Can bindgen map tagged C unions to Rust enums?

So C has unions which are not discriminated. But without a way to know what's in the union, it's not even useful for C developers. So they almost always provide some hint to indicate what's in the union. Sometimes that hint is contextual like in a protocol header. But sometimes they make a second struct with a discriminator. That looks a lot like a Rust enum. Since Rust unions are unsafe it'd be nice if bindgen could be told to treat specific C struct+union pairs as a single Rust enum.

C:

enum CTAG {
  A,
  B
} CTAG;

union CUNION {
  SOME_T a,
  SOME_OTHER_T b
} CUNION;

struct CSTRUCT {
  ctag discriminator,
  cunion data
} CSTRUCT;

Rust:

#[repr(u8, C)]
enum CSTRUCT {
  A(SOME_T),
  B(SOME_OTHER_T)
}

I gave a quick skim through the bindgen docs but I didn't find any obvious indication that this is already supported. Initially I thought it might be because Rust's enum's in-memory structure is not defined for the sake of FFI, but with some research I found that RFC 2195 actually defines #[repr(u8,C)]. So I guess it just comes down to the difficulty of recognizing the intention of the C developer? There are a lot of slight variations on the above pattern and I could see how even telling bindgen what to do could get complicated.

tl;dr - Should I blacklist and hand-create Rust enums, or can bindgen help me out?

1 Like

I'm also realizing that only fieldless enums in Rust can have specified discriminants. That throws a further wrench into my plan to use these for FFI. The ordinal value for CTAG::A needs to match CSTRUCT::A to be able to pass these back and forth to C.

I found this blog post about #[rustc_layout(debug)] useful for getting detailed information about the layout of Rust enums and was able to confirm that #[repr(u32,C)] can do what I want.

I'd feel uncomfortable with bindgen automatically converting a tagged union from C into a Rust enum. There's no way to guarantee that some C object with a particular tag will have actually initialized the corresponding union variant, so any code doing this sort of conversion should require the caller to explicitly invoke an unsafe conversion method.

Another issue you may run into is that the backing integer for a C enum isn't really defined. In practice it'll use the smallest integer type that can hold all the variants, but the spec doesn't stop a C compiler from using larger types.

An enum is only guaranteed to be large enough to hold int values. The compiler is free to choose the actual type used based on the enumeration constants defined so it can choose a smaller type if it can represent the values you define. If you need enumeration constants that don't fit into an int you will need to use compiler-specific extensions to do so.

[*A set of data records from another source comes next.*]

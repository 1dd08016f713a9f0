// The `data_` tables of an RBU database, in order of their names.
ghost use Rattle.std.specs.Prelude.{◌≡◌, IfOk, drop, filter, map, option_copied};
ghost use Rattle.std.specs.List.Sorted.{IsPermutation, IsSortedBy};
ghost use Rattle.prepared_spec.specs.DataTables.{behind_digits as behind_digits_of, target_in as target_in_of};
ghost use Rattle.rbu_input.specs.Sources.{is_before, is_source};

use crate::table::front;
use database_spec::{Catalog, NamedEntry};
use std::alloc::{AllocError, Global};

// All but the first so many bytes of a text.
fn behind(text: &[u8], count: usize) -> &[u8]
    ensures { result.now ≡ drop count text.now }
{
    if text.len() < count {
        return &[];
    }
    &text[count..]
}

// What stands behind digits and `_`.
fn behind_digits(text: &[u8]) -> Option<&[u8]>
    ensures { option_copied result ≡ behind_digits_of text.now }
{
    let mut left = text;
    while let [byte, rest @ ..] = left {
        if !byte.is_ascii_digit() {
            if *byte == b'_' {
                return Some(rest);
            }
            return None;
        }
        left = rest;
    }
    None
}

/// The name of the target in that of a `data_` table.
pub(crate) fn target_in(name: &[u8]) -> Option<&[u8]>
    ensures { option_copied result ≡ target_in_of name.now }
{
    if front(name, 4) != b"data".as_slice() {
        return None;
    }
    behind_digits(behind(name, 4))
}

// The `data_` tables, in the order of the schema.
fn find_sources<'a>(alloc: Global, catalog: &'a Catalog) -> Result<Vec<&'a NamedEntry>, AllocError>
    ensures { IfOk result (λ sources. map (λ named. named.now) sources.items ≡ filter is_source catalog.now.tables) }
{
    let mut sources = Vec::new(alloc);
    let mut left = catalog.tables.as_slice();
    while let [named, rest @ ..] = left {
        if target_in(named.name.as_slice()).is_some() {
            sources.push(named)?;
        }
        left = rest;
    }
    Ok(sources)
}

/// The `data_` tables, in order of their whole names by bytes.
pub(crate) fn sorted_sources<'a>(
    alloc: Global,
    catalog: &'a Catalog,
) -> Result<Vec<&'a NamedEntry>, AllocError>
    ensures all { IfOk result (λ sources. IsPermutation (filter is_source catalog.now.tables) (map (λ named. named.now) sources.items)) }
    ensures sorted { IfOk result (λ sources. IsSortedBy is_before sources.items) }
{
    let mut sources = find_sources(alloc, catalog)?;
    sources.sort_unstable_by(|a, b| a.name.as_slice().cmp(b.name.as_slice()));
    Ok(sources)
}
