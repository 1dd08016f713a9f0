// Reads the prepared rows of an RBU database.
ghost use Rattle.std.specs.Prelude.{◌≡◌, ◌↔◌, [], map, IfOk, IsTrue};
ghost use Rattle.std.specs.List.{AllByRecursion};
ghost use Rattle.std.specs.Option.{unwrap_or};
ghost use Rattle.page_store.specs.Store.{HasSizes, OwesBy};
ghost use Rattle.tree_walk.specs.Stores.{SeesTree};
ghost use Rattle.prepared_spec.specs.DataTables.{target_in as target_in_of};
ghost use Rattle.rbu_input.specs.Prepared.{AnswersCatalogs, IsRootedIfRead, ReadsBatches, ReadsPrepared};
ghost use Rattle.rbu_input.specs.Reading.{fault_in};
ghost use Rattle.rbu_input.specs.Sources.{source_of};

use crate::batches::read_table;
use crate::groups::group_all;
use crate::sources::{sorted_sources, target_in};
use crate::store_fault::StoreFault;
use crate::sums::Sums;
use database_spec::{Catalog, NamedEntry};
use owned_list::OwnedList;
use page_store::PageRead;
use rbu_rows::Batch;
use std::alloc::{AllocError, Global};

// The name of the target of a `data_` table, which has one in its own.
fn target_of(named: &NamedEntry) -> &[u8]
    ensures { result.now ≡ unwrap_or (target_in_of named.now.name) [] }
{
    match target_in(named.name.as_slice()) {
        Some(target) => target,
        None => &[],
    }
}

// The batches of `data_` tables, one after the other.
fn read_batches<S: PageRead>(
    alloc: Global,
    store: &mut S,
    catalog: &Catalog,
    sources: &[&NamedEntry],
) -> Result<Vec<Batch>, StoreFault<S::Fault>>
    requires sizes { HasSizes S.PageRead store.old }
    requires rooted { AllByRecursion (λ named. IsRootedIfRead (S.count store.old) named.now) sources.now }
    ensures pages { SeesTree S.PageRead store.old store.new (λ sizes base. ReadsBatches sizes base catalog.now (map (λ named. source_of named.now) sources.now) result) }
    ensures owes { OwesBy S.PageRead fault_in store.old store.new result }
{
    let mut batches = Vec::new(alloc);
    let mut sums = Sums::none();
    let mut left = sources;
    while let [named, rest @ ..] = left {
        match read_table(
            alloc,
            store,
            catalog,
            named.name.as_slice(),
            target_of(named),
            &named.entry,
            sums,
        ) {
            Ok(counted) => {
                match batches.push(counted.batch) {
                    Ok(()) => {}
                    Err(_) => return Err(StoreFault::Memory(AllocError)),
                }
                sums = counted.sums;
            }
            Err(fault) => return Err(fault),
        }
        left = rest;
    }
    Ok(batches)
}

// Whether a table's text is not read, or its tree has a root among so many pages.
fn is_rooted(named: &NamedEntry, count: u32) -> bool
    ensures { IsTrue result ↔ IsRootedIfRead count named.now }
{
    match &named.entry.meaning {
        Ok(_) => 1 <= named.entry.root && named.entry.root <= count,
        Err(_) => true,
    }
}

/// Whether each table whose text is read has a tree with a root among so many pages, as in each catalog that is read of them.
pub fn are_rooted(catalog: &Catalog, count: u32) -> bool
    ensures { IsTrue result ↔ AllByRecursion (IsRootedIfRead count) catalog.now.tables }
{
    let mut left = catalog.tables.as_slice();
    while let [named, rest @ ..] = left {
        if !is_rooted(named, count) {
            return false;
        }
        left = rest;
    }
    true
}

/// The prepared rows of an RBU database for a target, as groups of batches, one for each target, or the first refusal: [55], [60], [61], [80] to [93] and [95].
///
/// The `data_` tables are gone through in order of their whole names by bytes, and the rows of each by rowid. A table whose text is read has to have a root in the store.
pub fn read_prepared<S: PageRead>(
    alloc: Global,
    rbu: &mut S,
    rbu_catalog: &Catalog,
    target: &Catalog,
) -> Result<OwnedList<OwnedList<Batch>>, StoreFault<S::Fault>>
    requires sizes { HasSizes S.PageRead rbu.old }
    requires rooted { AllByRecursion (IsRootedIfRead (S.count rbu.old)) rbu_catalog.now.tables }
    ensures rows { SeesTree S.PageRead rbu.old rbu.new (λ sizes base. ReadsPrepared sizes base target.now rbu_catalog.now result) }
    ensures answers { SeesTree S.PageRead rbu.old rbu.new (λ sizes base. AnswersCatalogs sizes base target.now rbu_catalog.now result) }
    ensures owes { OwesBy S.PageRead fault_in rbu.old rbu.new result }
{
    let sources = match sorted_sources(alloc, rbu_catalog) {
        Ok(sources) => sources,
        Err(error) => return Err(StoreFault::Memory(error)),
    };
    let batches = match read_batches(alloc, rbu, target, sources.as_slice()) {
        Ok(batches) => batches,
        Err(fault) => return Err(fault),
    };
    match group_all(alloc, batches) {
        Ok(groups) => Ok(OwnedList::from_vec(groups)),
        Err(error) => Err(StoreFault::Memory(error)),
    }
}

-- What is the size of an enum in C?

That means your #[repr(u8, C)] may not be identical to the CSTRUCT definition. I think it'd work out on a little-endian machine because the equivalent layout (#[repr(C)] struct Layout { tag: u8, value: Union }) would have the right amount of padding to put the value in the right spot, and we should be able to read the tag without accidentally touching padding bytes (UB) because little-endian integers have their least significant digits in the first byte, but that doesn't inspire confidence and would probably fall over on big-endian machines.

The problem doesn't lie with Rust, it's the loose wording of the C standard.

4 Likes

Oh yeah, this is definitely not a problem with Rust. I was just hoping it'd be a problem for Rust. Your explanation makes sense. Upon closer reading of the Rust RFC, it is carefully worded. I guess I will have to just use a failable parse like TryFrom for now. Really makes you wonder how C ever worked in the first place.